Even though the double-spout funnels could be still spotted on the paths of the Versailles Garden, Fountain of Exhaustion overall was slowly giving way to other preferred subjects. It wouldn’t be until the mid-2010s that it would make its glorious comeback at exhibitions.

13

Funnels of Fountain of Exhaustion in the studio of Vitaliy Kokhan, 2017

The year 2017 saw another retrospective exhibition of Makov’s work at the Andrey Sheptytsky National Museum in Lviv, organised by the Ya Gallery Art Centre and curated by Pavlo Gudimov. The show covered nearly a decade’s worth of creative activity, including such notable works as Donrosa (2008—2010), Page-a-Page Diary (2011—2012), Paradiso Perduto (2012—2014), Walk Through Someone Else’s Garden roll-and-move game (2009—2010), Tower. Dream and City. Place (2011—2012) pieces, Fingerprints (2014—2015) and Terni Lapilli (2016) series, as well a wholly new version of Fountain of Exhaustion (1995—2017). It was Makov's first retrospective since 2003, so his deliberate decision to reintroduce a work from the 1990s further accentuated the striking continuity of his artistic practices.

14

Exhibition view of Remember Yesterday at PinchulArtCentre, 2021. Photograph provided by the PinchukArtCentre © 2021. Photographed by Maksym Bilousov

Fountain of Exhaustion was reintroduced to its original Ukrainian context in the course of two PinchukArtCentre exhibitions. The bronze version of the Fountain (1995—2003) from their collection was initially presented as part of the Borderline. Ukrainian Art 1985—2004 exhibition in 2015. It then came back for the 2021 group exhibition of Ukrainian artists Remember Yesterday.

15

Itinerario 2, 1993—2018. Multiple intaglio, graphite pencil, acrylic, paper, 41х155 cm

The 2017 retrospective exhibition in Lviv saw the return of Fountain of Exhaustion as a physical object, while the series of etchings called Future in the Past brought back its visual image. Large 1.5m panels (once used for the first works in the Place series) now served as a background for completely new motifs. These landscapes were populated with various new objects: numerous X- and O-shaped buildings, fig trees, swallows, the concrete blocks, used by the Ukrainian armed forces in early 2014 to set up checkpoints, transformer vaults, houses from Do Po, and aloe plants.
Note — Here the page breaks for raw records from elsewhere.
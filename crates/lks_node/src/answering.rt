//! Frames, one after another.

ghost use Rattle.std.specs.Prelude.{◌≡◌, ◌<◌, ◌≤◌, [], ℕ, false, List, Some, Err, IfOk, IfErr, IfSome, OnOk, length};
ghost use Rattle.lks_base.specs.declared.limits.TheConstants.{MOST_EVENTS};
ghost use Rattle.lks_base.specs.declared.plans.AuPlan.{AuPlan as PlannedAu};
ghost use Rattle.lks_base.specs.declared.plans.Holding.{Holding as Held};
ghost use Rattle.lks_node.specs.Being.{HasStopped, IsAt, IsFit, Stays};
ghost use Rattle.lks_node.specs.Ending.{Ends, Halts, Turns};
ghost use Rattle.lks_node.specs.Going.{Progress, IsTaken};
ghost use Rattle.lks_node.specs.Telling.{IsFoundLast, IsFoundNext};
ghost use Rattle.lks_outside.specs.Counts.{Rose};

use crate::ends::{NodeStop, Rest};
use crate::frames::{Frame, Unread, read_frame, read_upto};
use crate::nodes::Node;
use crate::orders::{Order, read_order};
use lks_base::{MOST_EVENTS, PeerId, Plan};
use lks_blocks::BlockPool;
use lks_disk::Disk;
use lks_outside::{EffortJudge, Sink, Source};
use std::alloc::Global;
use std::sync::Wait;

/// The most bytes of the body of a frame behind the script: a message, a sender and a tag.
const MOST_BODY: u32 = 40_003;

/// The room that a batch may take.
const BATCH_ROOM: u64 = 32_768;

/// What the next frame, of this number, tells, if there is one.
fn next_order<S: Source>(
    alloc: Global,
    plan: &Plan,
    id: PeerId,
    index: u32,
    source: &mut S,
) -> Result<Option<Order>, Rest>
    ensures found { (bytes : List ℕ) → S.left source.old ≡ Some bytes
        → IsFoundNext plan.now id index bytes (S.left source.new) result }
    ensures taken { IfOk result (λ o. IfSome o IsTaken) }
    ensures failed { result ≡ Err (Rest.Unread Unread.Failed) → Rose (S.faults source.old) (S.faults source.new) }
    ensures rested { IfErr result (λ rest. rest ≡ Rest.Full → ⊥) }
    ensures count { S.faults source.old ≤ S.faults source.new }
{
    let body = match read_frame(alloc, source, MOST_BODY) {
        Ok(Frame::Whole(body)) => body,
        Ok(Frame::End) => return Ok(None),
        Ok(Frame::Broken) => return Err(Rest::Bad { index }),
        Err(unread) => return Err(Rest::Unread(unread)),
    };
    match read_order(alloc, plan, id, &body) {
        Ok(Some(order)) => Ok(Some(order)),
        Ok(None) => Err(Rest::Bad { index }),
        Err(_) => Err(Rest::Memory),
    }
}

/// What the source has behind the last frame that may be: one byte is too many.
fn last<S: Source>(alloc: Global, source: &mut S) -> Rest
    ensures found { (bytes : List ℕ) → S.left source.old ≡ Some bytes → IsFoundLast bytes result }
    ensures failed { result ≡ Rest.Unread Unread.Failed → Rose (S.faults source.old) (S.faults source.new) }
    ensures count { S.faults source.old ≤ S.faults source.new }
    ensures rested { result ≡ Rest.Full → ⊥ }
{
    match read_upto(alloc, source, 1) {
        Ok(more) => match more.as_slice() {
            [] => Rest::Done,
            [_, ..] => Rest::TooMany,
        },
        Err(unread) => Rest::Unread(unread),
    }
}

/// Answers the next frame, if there is one.
fn turn<R: Wait, S: Source, K: Sink, D: Disk, J: EffortJudge>(
    alloc: Global,
    rt: &R,
    pool: &BlockPool,
    plan: &Plan,
    place: u32,
    node: &mut Node<D>,
    source: &mut S,
    sink: &mut K,
    judge: &mut J,
) -> Result<(), NodeStop>
    requires fit { IsFit D.face pool.now node.old }
    requires at { (aus : List PlannedAu) × (copies : List Held) × (p : Progress)
        × IsAt D.face aus copies p node.old (J.heard judge.old) }
    requires place { place < MOST_EVENTS }
    requires room { length (J.heard judge.old) ≤ place }
    ensures turns { (aus : List PlannedAu) (copies : List Held) (p : Progress)
        → IsAt D.face aus copies p node.old (J.heard judge.old) →
        OnOk result
        (Turns D.face (J.verdict judge.old) plan.now node.old.host.peer.own aus copies p (S.left source.old)
        (S.left source.new) (K.taken sink.old) (K.taken sink.new) node.new (J.heard judge.new)) }
    ensures halts { (aus : List PlannedAu) (copies : List Held) (p : Progress)
        → IsAt D.face aus copies p node.old (J.heard judge.old) →
        IfErr result
        (Halts D.face (J.verdict judge.old) plan.now node.old.host.peer.own aus copies place p
        (S.left source.old) (K.taken sink.old) (K.taken sink.new) node.new (J.heard judge.new)) }
    ensures whole { OnOk result (node.new.host.broken ≡ false) }
    ensures stays { Stays D.face node.old node.new }
    ensures faults { OnOk result (D.face.faults node.new.host.journal.disk ≡ D.face.faults node.old.host.journal.disk) }
    ensures count { D.face.faults node.old.host.journal.disk ≤ D.face.faults node.new.host.journal.disk }
    ensures source_count { S.faults source.old ≤ S.faults source.new }
    ensures sink_count { K.faults sink.old ≤ K.faults sink.new }
    ensures cause { IfErr result
        (HasStopped (S.faults source.old) (S.faults source.new) (D.face.faults node.old.host.journal.disk)
        (D.face.faults node.new.host.journal.disk) (K.faults sink.old) (K.faults sink.new)) }
    ensures same { J.verdict judge.new ≡ J.verdict judge.old }
{
    let order = match next_order(alloc, plan, node.host.id(), place + 1, source) {
        Ok(Some(order)) => order,
        Ok(None) => return Err(NodeStop::Rested(Rest::Done)),
        Err(rest) => return Err(NodeStop::Rested(rest)),
    };
    if node.host.room() < BATCH_ROOM {
        return Err(NodeStop::Rested(Rest::Full));
    }
    node.answer(alloc, rt, pool, judge, sink, &order)
}

/// Answers the frames of a source, one after another.
pub fn answer_all<R: Wait, S: Source, K: Sink, D: Disk, J: EffortJudge>(
    alloc: Global,
    rt: &R,
    pool: &BlockPool,
    plan: &Plan,
    node: &mut Node<D>,
    source: &mut S,
    sink: &mut K,
    judge: &mut J,
) -> NodeStop
    requires fit { IsFit D.face pool.now node.old }
    requires at { (aus : List PlannedAu) × (copies : List Held) × (p : Progress)
        × IsAt D.face aus copies p node.old (J.heard judge.old) }
    requires unasked { J.heard judge.old ≡ [] }
    ensures ends { (aus : List PlannedAu) (copies : List Held) (p : Progress)
        → IsAt D.face aus copies p node.old (J.heard judge.old) →
        Ends D.face (J.verdict judge.old) plan.now node.old.host.peer.own aus copies p (S.left source.old)
        (K.taken sink.old) (K.taken sink.new) node.new (J.heard judge.new) result }
    ensures stays { Stays D.face node.old node.new }
    ensures source_count { S.faults source.old ≤ S.faults source.new }
    ensures count { D.face.faults node.old.host.journal.disk ≤ D.face.faults node.new.host.journal.disk }
    ensures sink_count { K.faults sink.old ≤ K.faults sink.new }
    ensures cause { HasStopped (S.faults source.old) (S.faults source.new)
        (D.face.faults node.old.host.journal.disk) (D.face.faults node.new.host.journal.disk) (K.faults sink.old)
        (K.faults sink.new) result }
    ensures same { J.verdict judge.new ≡ J.verdict judge.old }
{
    for place in 0..MOST_EVENTS as u32 {
        match turn(alloc, rt, pool, plan, place, node, source, sink, judge) {
            Ok(()) => {}
            Err(stop) => return stop,
        }
    }
    NodeStop::Rested(last(alloc, source))
}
The silhouette of Fountain of Exhaustion is most prominent in Itinerario 2 (1993—2018) with pencil-drawn water drops pouring down from a gigantic watering pot into fading funnels according to a certain predetermined pattern.

16

Testing of Fountain of Exhaustion before its exhibition in La Biennale di Venezia, 2021. Photo by Tania Borzunova

Pavilion of Ukraine at the 59th International Art Exhibition — La Biennale di Venezia was the first to give full play to the fountain’s potential, finally allowing Fountain of Exhaustion to assume its proper function and distribute water through the funnels downwards. This reinvention required considerable architectural and engineering revisions to the original structure. In a way, Makov had to confront his own creation anew. Once Fountain of Exhaustion ceased being a part of an urban mystification and a symbol of its own incompleteness, it revealed some of its more peculiar properties: the regular pattern of the funnels somehow directs the overwhelming flow of water without ever fully mastering it. The broad universal context of this international exhibition, exploring the mutual connections between humans, non-humans, Earth, technology, flora, and fauna, encourages Makov to leave his work open to further interpretations: “Everyone has their own history of exhaustion”.